The performance boost is especially pronounced for medium and difficult queries, validating the efficacy of thought-augmentation in handling higher-order reasoning tasks. Ablation studies designate Thought Pattern Matching as the single most critical component, with further performance drops observed upon removal of agent or expert experiential knowledge.

Figure 3: SR of Reflexion and TAIRA across three difficulty levels, aggregating results for easy, medium, and hard user queries.

Generalization experiments on novel scenarios (i.e., removal of corresponding thought patterns) establish that TAIRA preserves a robust SR even without prior direct experience—surpassing Reflexion—via conceptual solution guidance and structural planning templates.

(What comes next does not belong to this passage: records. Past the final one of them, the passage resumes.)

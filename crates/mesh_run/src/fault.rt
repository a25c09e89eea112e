//! What ends a run before the end of its input.

ghost use Rattle.std.specs.Prelude.{◌≡◌};
ghost use Rattle.mesh_run.specs.Inner.Faults.{fault_at};
ghost use Rattle.mesh_run.specs.declared.fault.Fault.TheVariants as fault;

use mesh_base::NoMemory;
use mesh_model::Stop;
use mesh_scene::LineFault;

/// What ends a run before the end of its input.
#[derive(Clone, Copy, Debug, PartialEq, Eq)]
pub enum Fault {
    /// The run halts at the line of this number, counted from 1.
    Halted { line: u64, stop: Stop },
    /// The input failed.
    Read,
    /// The output failed.
    Write,
    /// Memory ran out.
    Memory,
}

impl Fault {
    /// The fault that ends the run at the line of this number.
    pub fn at(line: u64, fault: LineFault) -> Fault
        ensures { result ≡ fault_at line fault }
    {
        match fault {
            LineFault::Stopped(stop) => Fault::Halted { line, stop },
            LineFault::Memory => Fault::Memory,
        }
    }
}

impl From<NoMemory> for Fault {
    ghost from_gives = { λ _ given. given ≡ fault.Memory };

    fn from(_error: NoMemory) -> Fault {
        Fault::Memory
    }
}
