//! What carries the lines of an input out, by what they are.

ghost use Rattle.std.specs.Prelude.{ℕ, List, Option, OnOk, IfOk, IfErr};
ghost use Rattle.std.specs.Io.KnownBytes.{Appends};
ghost use Rattle.mesh_model.specs.Run.State.{State};
ghost use Rattle.mesh_model.specs.declared.frame_choice.FrameChoice.{FrameChoice};
ghost use Rattle.mesh_model.specs.declared.input_kind.InputKind.{InputKind};
ghost use Rattle.mesh_model.specs.declared.input_kind.InputKind.TheVariants.{Scenario};
ghost use Rattle.mesh_run.specs.Inner.Kinds.{CarrierStands, IsReady, StateOf, first_of, outcome_of, text_at_end, text_by};
ghost use Rattle.mesh_run.specs.Inner.Lines.{CarriesLine, CountsWrites, EndFails, StandsAt};
ghost use Rattle.mesh_scene.specs.Counts.{HasCounts};

use crate::fault::Fault;
use crate::line::carry_scenario;
use crate::routes::{end_routes, take_route};
use mesh_base::{NoMemory, Sink};
use mesh_bisect::Bisect;
use mesh_generate::Counts;
use mesh_model::InputKind;
use mesh_scene::Stage;
use std::alloc::Global;

/// What carries the lines of an input out.
pub enum Carrier {
    /// Those of a scenario.
    Stage(Stage),
    /// Lines of routes.
    Bisect(Bisect),
}

/// The stage or the lines go. Written out, it is one call where a carrier goes.
impl Drop for Carrier {
    fn drop(self) {
        match self {
            Carrier::Stage(_stage) => {}
            Carrier::Bisect(_bisect) => {}
        }
    }
}

impl Carrier {
    /// Before the first line.
    pub fn new(alloc: Global, kind: InputKind) -> Carrier
        ensures stands { CarrierStands kind result (first_of kind) }
        ensures ready { IsReady result }
    {
        match kind {
            InputKind::Scenario(choice) => Carrier::Stage(Stage::new(alloc, choice)),
            InputKind::Routes => Carrier::Bisect(Bisect::new(alloc)),
        }
    }

    /// The counts of a mesh of so many nodes, after which this text was printed. Lines of routes
    /// have none.
    pub fn counts(&self, nodes: u8, text: &[u8]) -> Result<Counts, NoMemory>
        requires ready { IsReady self.now }
        ensures { (choice : FrameChoice) (state : State) →
            CarrierStands (Scenario choice) self.now state →
            IfOk result (HasCounts nodes state text.now) }
    {
        match self {
            Carrier::Stage(stage) => stage.counts(nodes, text),
            Carrier::Bisect(_) => Err(NoMemory),
        }
    }

    /// Carries the line of this number out and writes what it prints, by way of `text`.
    pub fn carry_line<K: Sink>(
        &mut self,
        text: &mut Vec<u8>,
        out: &mut K,
        line: &[u8],
        number: u64,
    ) -> Result<(), Fault>
        requires ready { IsReady self.old }
        ensures line { (kind : InputKind) → CarriesLine (text_by kind) (CarrierStands kind)
            (K.taken out.old) (K.taken out.new) self.old self.new (outcome_of kind line.now)
            number result }
        ensures faults { CountsWrites (K.faults out.old) (K.faults out.new) result }
        ensures ready { OnOk result (IsReady self.new) }
    {
        match self {
            Carrier::Stage(stage) => carry_scenario(stage, text, out, line, number),
            Carrier::Bisect(bisect) => take_route(bisect, text, out, line, number),
        }
    }

    /// Writes what the end of the input prints, by way of `text`.
    pub fn end<K: Sink>(&mut self, text: &mut Vec<u8>, out: &mut K) -> Result<(), Fault>
        ensures ok { (kind : InputKind) (base : Option (List ℕ)) (state : StateOf kind) →
            StandsAt (text_by kind) (CarrierStands kind) base (K.taken out.old) self.old state →
            OnOk result (Appends base (K.taken out.new) (text_at_end kind state)) }
        ensures failed { (kind : InputKind) (base : Option (List ℕ)) (state : StateOf kind) →
            StandsAt (text_by kind) (CarrierStands kind) base (K.taken out.old) self.old state →
            IfErr result (EndFails base (K.taken out.new) (text_at_end kind state)) }
        ensures faults { CountsWrites (K.faults out.old) (K.faults out.new) result }
    {
        match self {
            Carrier::Stage(_) => Ok(()),
            Carrier::Bisect(bisect) => end_routes(bisect, text, out),
        }
    }
}
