//! A line: it is read and carried out, and what it prints is written.

ghost use Rattle.std.specs.Prelude.{◌≡◌, ℕ, List, Option, true, OnOk};
ghost use Rattle.mesh_laws.specs.LineLaws.{IsInRange};
ghost use Rattle.mesh_model.specs.Scenario.Commands.{command_of_line};
ghost use Rattle.mesh_model.specs.declared.line_form.Command.TheVariants as command;
ghost use Rattle.mesh_model.specs.Run.PlainRun.{after_reading};
ghost use Rattle.mesh_model.specs.Run.State.{text_of};
ghost use Rattle.mesh_model.specs.Scenario.Readings.{Reading};
ghost use Rattle.mesh_scenario.specs.LineErr.{Refuses};
ghost use Rattle.mesh_run.specs.Inner.Faults.{HasReadingCause};
ghost use Rattle.mesh_run.specs.Inner.Lines.{CarriesLine, CountsWrites};
ghost use Rattle.mesh_scene.specs.AnswersCommand.{HasGateways, is_for_scene, outcome_under};
ghost use Rattle.mesh_scene.specs.SceneStands.{IsSomewhere, SceneStands};
ghost use Rattle.mesh_scene.specs.StageStands.{IsOnStage, StageStands, outcome_on_stage};

use crate::fault::Fault;
use crate::output::put_text;
use crate::time::run;
use mesh_base::{Failed, Millis, Sink};
use mesh_model::{Algorithm, Command, LimitName, Refusal, Stop};
use mesh_scenario::{LineErr, read_line};
use mesh_scene::{LineFault, Scene, Stage, refused};
use mesh_show::Choosable;

/// The fault of a line that isn't read.
fn reading_fault(error: LineErr) -> LineFault
    ensures cause { (reading : Reading) → Refuses reading error → HasReadingCause reading result }
    ensures memory { result ≡ LineFault.Memory → error ≡ LineErr.Memory }
{
    match error {
        LineErr::TooLong => LineFault::Stopped(Stop::Limit(LimitName::Line)),
        LineErr::BadUtf8 => refused(Refusal::BadUtf8),
        LineErr::UnknownCommand => refused(Refusal::UnknownCommand),
        LineErr::MissingWord => refused(Refusal::MissingWord),
        LineErr::BadName => refused(Refusal::BadName),
        LineErr::BadMac => refused(Refusal::BadMac),
        LineErr::BadNumber => refused(Refusal::BadNumber),
        LineErr::OutOfRange => refused(Refusal::OutOfRange),
        LineErr::ExtraWord => refused(Refusal::ExtraWord),
        LineErr::Memory => LineFault::Memory,
    }
}

/// Carries out a command that is one for a scene, and writes what it prints, by way of `text`.
fn carry_whole<A: Choosable + Drop, K: Sink>(
    scene: &mut Scene<A>,
    text: &mut Vec<u8>,
    out: &mut K,
    command: Command,
    number: u64,
) -> Result<(), Fault>
    requires somewhere { IsSomewhere A.algorithm A.queries A.stands scene.old }
    requires ranges { IsInRange command }
    requires gateways { HasGateways command }
    requires other { is_for_scene command ≡ true }
    ensures line { CarriesLine text_of (SceneStands A.algorithm A.queries A.stands)
        (K.taken out.old) (K.taken out.new) scene.old scene.new
        (outcome_under A.queries command) number result }
    ensures faults { CountsWrites (K.faults out.old) (K.faults out.new) result }
    ensures somewhere { OnOk result (IsSomewhere A.algorithm A.queries A.stands scene.new) }
{
    text.clear();
    if let Err(fault) = scene.carry_out(command, text) {
        return Err(Fault::at(number, fault));
    }
    if let Err(Failed) = put_text(out, text.as_slice()) {
        return Err(Fault::Write);
    }
    Ok(())
}

/// Carries out a command that is one for a scene, under the algorithm that is chosen.
fn carry_on_stage<K: Sink>(
    stage: &mut Stage,
    text: &mut Vec<u8>,
    out: &mut K,
    command: Command,
    number: u64,
) -> Result<(), Fault>
    requires somewhere { IsOnStage stage.old }
    requires ranges { IsInRange command }
    requires gateways { HasGateways command }
    requires other { is_for_scene command ≡ true }
    ensures line { CarriesLine text_of StageStands (K.taken out.old) (K.taken out.new)
        stage.old stage.new (outcome_on_stage command) number result }
    ensures faults { CountsWrites (K.faults out.old) (K.faults out.new) result }
    ensures somewhere { OnOk result (IsOnStage stage.new) }
{
    match stage {
        Stage::Iv(scene) => carry_whole(scene, text, out, command, number),
        Stage::V(scene) => carry_whole(scene, text, out, command, number),
    }
}

/// `run MS`, under the algorithm that is chosen
fn run_on_stage<K: Sink>(
    stage: &mut Stage,
    text: &mut Vec<u8>,
    out: &mut K,
    time: Millis,
    number: u64,
) -> Result<(), Fault>
    requires somewhere { IsOnStage stage.old }
    ensures line { CarriesLine text_of StageStands (K.taken out.old) (K.taken out.new)
        stage.old stage.new (outcome_on_stage (command.Run time)) number result }
    ensures faults { CountsWrites (K.faults out.old) (K.faults out.new) result }
    ensures somewhere { OnOk result (IsOnStage stage.new) }
{
    match stage {
        Stage::Iv(scene) => run(scene, text, out, time, number),
        Stage::V(scene) => run(scene, text, out, time, number),
    }
}

/// `algo A`
fn choose(stage: &mut Stage, algorithm: Algorithm, number: u64) -> Result<(), Fault>
    requires somewhere { IsOnStage stage.old }
    ensures line { (taken : Option (List ℕ)) → CarriesLine text_of StageStands taken taken
        stage.old stage.new (outcome_on_stage (command.Algo algorithm)) number result }
    ensures faults { (count : ℕ) → CountsWrites count count result }
    ensures somewhere { OnOk result (IsOnStage stage.new) }
{
    if let Err(fault) = stage.choose(algorithm) {
        return Err(Fault::at(number, fault));
    }
    Ok(())
}

/// Carries the line of a scenario of this number out and writes what it prints, by way of `text`.
pub fn carry_scenario<K: Sink>(
    stage: &mut Stage,
    text: &mut Vec<u8>,
    out: &mut K,
    line: &[u8],
    number: u64,
) -> Result<(), Fault>
    requires somewhere { IsOnStage stage.old }
    ensures line { CarriesLine text_of StageStands (K.taken out.old) (K.taken out.new)
        stage.old stage.new (λ state. after_reading state (command_of_line line.now)) number
        result }
    ensures faults { CountsWrites (K.faults out.old) (K.faults out.new) result }
    ensures somewhere { OnOk result (IsOnStage stage.new) }
{
    match read_line(stage.alloc(), line) {
        Ok(Command::Algo(algorithm)) => choose(stage, algorithm, number),
        Ok(Command::Run { time }) => run_on_stage(stage, text, out, time, number),
        Ok(command) => carry_on_stage(stage, text, out, command, number),
        Err(error) => Err(Fault::at(number, reading_fault(error))),
    }
}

Practical Implications and Application

TAIRA offers a blueprint for integrating multi-scale experiential reasoning into agentic recommendation architectures. The hierarchical nature of distilled thought patterns supports recursive planning refinement and robustness against ambiguous or poorly specified user queries. The modular design of Executor Agents facilitates tool integration (web search, dense retrieval, attribute mapping) compatible with real-world deployment constraints and variable latency environments.

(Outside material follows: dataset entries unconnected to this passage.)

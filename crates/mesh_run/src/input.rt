//! The input of a run: it is opened, and read piece by piece to its end.

ghost use Rattle.std.specs.Prelude.{◌≡◌, ℕ, List, [], Option, IfSome, OnOk, IfErr};
ghost use Rattle.std.specs.Option.{option_copied};
ghost use Rattle.std.specs.Io.KnownBytes.{IsAtEnd};
ghost use Rattle.mesh_model.specs.declared.input_kind.InputKind.{InputKind};
ghost use Rattle.mesh_run.specs.Inner.Kinds.{IsReady};
ghost use Rattle.mesh_run.specs.Inner.Progress.{Stands};
ghost use Rattle.mesh_run.specs.Inner.Reading.{CountsFaults, ReadFails, ReadsAll, RunFails};
ghost use Rattle.mesh_run.specs.Outcome.{Finishes};

use crate::carrier::Carrier;
use crate::fault::Fault;
use crate::runner::Runner;
use mesh_base::{Failed, Intake, OpenErr, PIECE_LIMIT, Sink};
use mesh_model::InputKind;
use std::alloc::Global;

/// A run before its first line.
pub fn new_runner(alloc: Global, kind: InputKind) -> Runner
    ensures stands { (base : Option (List ℕ)) → Stands kind base base result [] }
    ensures ready { IsReady result.carrier }
{
    Runner {
        carrier: Carrier::new(alloc, kind),
        line: Vec::new(alloc),
        text: Vec::new(alloc),
        lines: 0,
        taken: 0,
    }
}

/// Reads an open intake to its end, and carries each line out before the next read.
pub fn read_all<I: Intake, K: Sink>(
    intake: &mut I,
    out: &mut K,
    mut runner: Runner,
) -> Result<(), Fault>
    requires ready { IsReady runner.carrier }
    ensures ok { (kind : InputKind) (base : Option (List ℕ)) →
        Stands kind base (K.taken out.old) runner [] → OnOk result
        (ReadsAll kind (I.left intake.old) (I.left intake.new) base (K.taken out.new)) }
    ensures failed { (kind : InputKind) (base : Option (List ℕ)) →
        Stands kind base (K.taken out.old) runner [] → IfErr result
        (ReadFails kind (I.left intake.old) (I.left intake.new) base (K.taken out.new)) }
    ensures faults { CountsFaults (I.faults intake.old) (I.faults intake.new)
        (K.faults out.old) (K.faults out.new) result }
{
    let mut buffer = [0; PIECE_LIMIT];
    'pieces: loop {
        let count = match intake.read(&mut buffer) {
            Ok(count) => count,
            Err(Failed) => return Err(Fault::Read),
        };
        if count == 0 {
            break 'pieces;
        }
        runner.take_piece(out, &buffer[..count])?;
    }
    runner.finish(out)?;
    Ok(())
}

/// Opens the input of this name, or standard input, and carries its lines out, by what
/// they are.
pub fn run_input<I: Intake, K: Sink>(
    alloc: Global,
    kind: InputKind,
    name: Option<&str>,
    intake: &mut I,
    out: &mut K,
) -> Result<(), Fault>
    ensures finished { OnOk result (IfSome (I.named intake.old (option_copied name.entry))
        (Finishes kind (K.taken out.old) (K.taken out.new))) }
    ensures at_end { OnOk result (IsAtEnd (I.left intake.new)) }
    ensures failed { IfErr result (λ fault. IfSome (I.named intake.old (option_copied name.entry))
        (RunFails kind (K.taken out.old) (K.taken out.new)
        (I.left intake.old) (I.left intake.new) fault)) }
    ensures faults { CountsFaults (I.faults intake.old) (I.faults intake.new)
        (K.faults out.old) (K.faults out.new) result }
{
    match intake.open(name) {
        Ok(()) => {}
        Err(OpenErr::Failed) => return Err(Fault::Read),
        Err(OpenErr::Memory) => return Err(Fault::Memory),
    }
    read_all(intake, out, new_runner(alloc, kind))?;
    Ok(())
}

TAIRA's prompt and planning efficiencies—though modestly impacted by larger input token sizes—are counterbalanced by reduced ineffective tool invocations and more reliable recommendation cycles, making the system suitable for production-scale ML pipelines.

Theoretical Implications and Future Directions

Thought Pattern Distillation bridges cognitive scaffolding from human and agent experiences to LLM-based system reasoning, promoting transfer and compositionality. The proposed architecture generalizes well even in absence of direct prior knowledge via abstraction-anchored solution patterns. Extending TAIRA to multi-turn dialogues and broader verticals (e.g., service recommendation, expert consultation) represents a natural progression, with prospective enhancements in dynamic pattern updating and generalized schema distillation.

Conclusion

TAIRA advances interactive recommendation by marrying agentic collaboration with thought-augmented reasoning, robustly managing complex, diverse, and ambiguous user intents. Its empirical superiority across multiple metrics, supported by multi-level experiential guidance and hierarchical planning, establishes TAIRA as a substantial reference point in LLM-powered recommender research. Future work will benefit from extending multimodal inputs, richer user simulation, and more nuanced multi-agent collaboration paradigms to further enhance robustness and adaptability in open-domain dialog systems.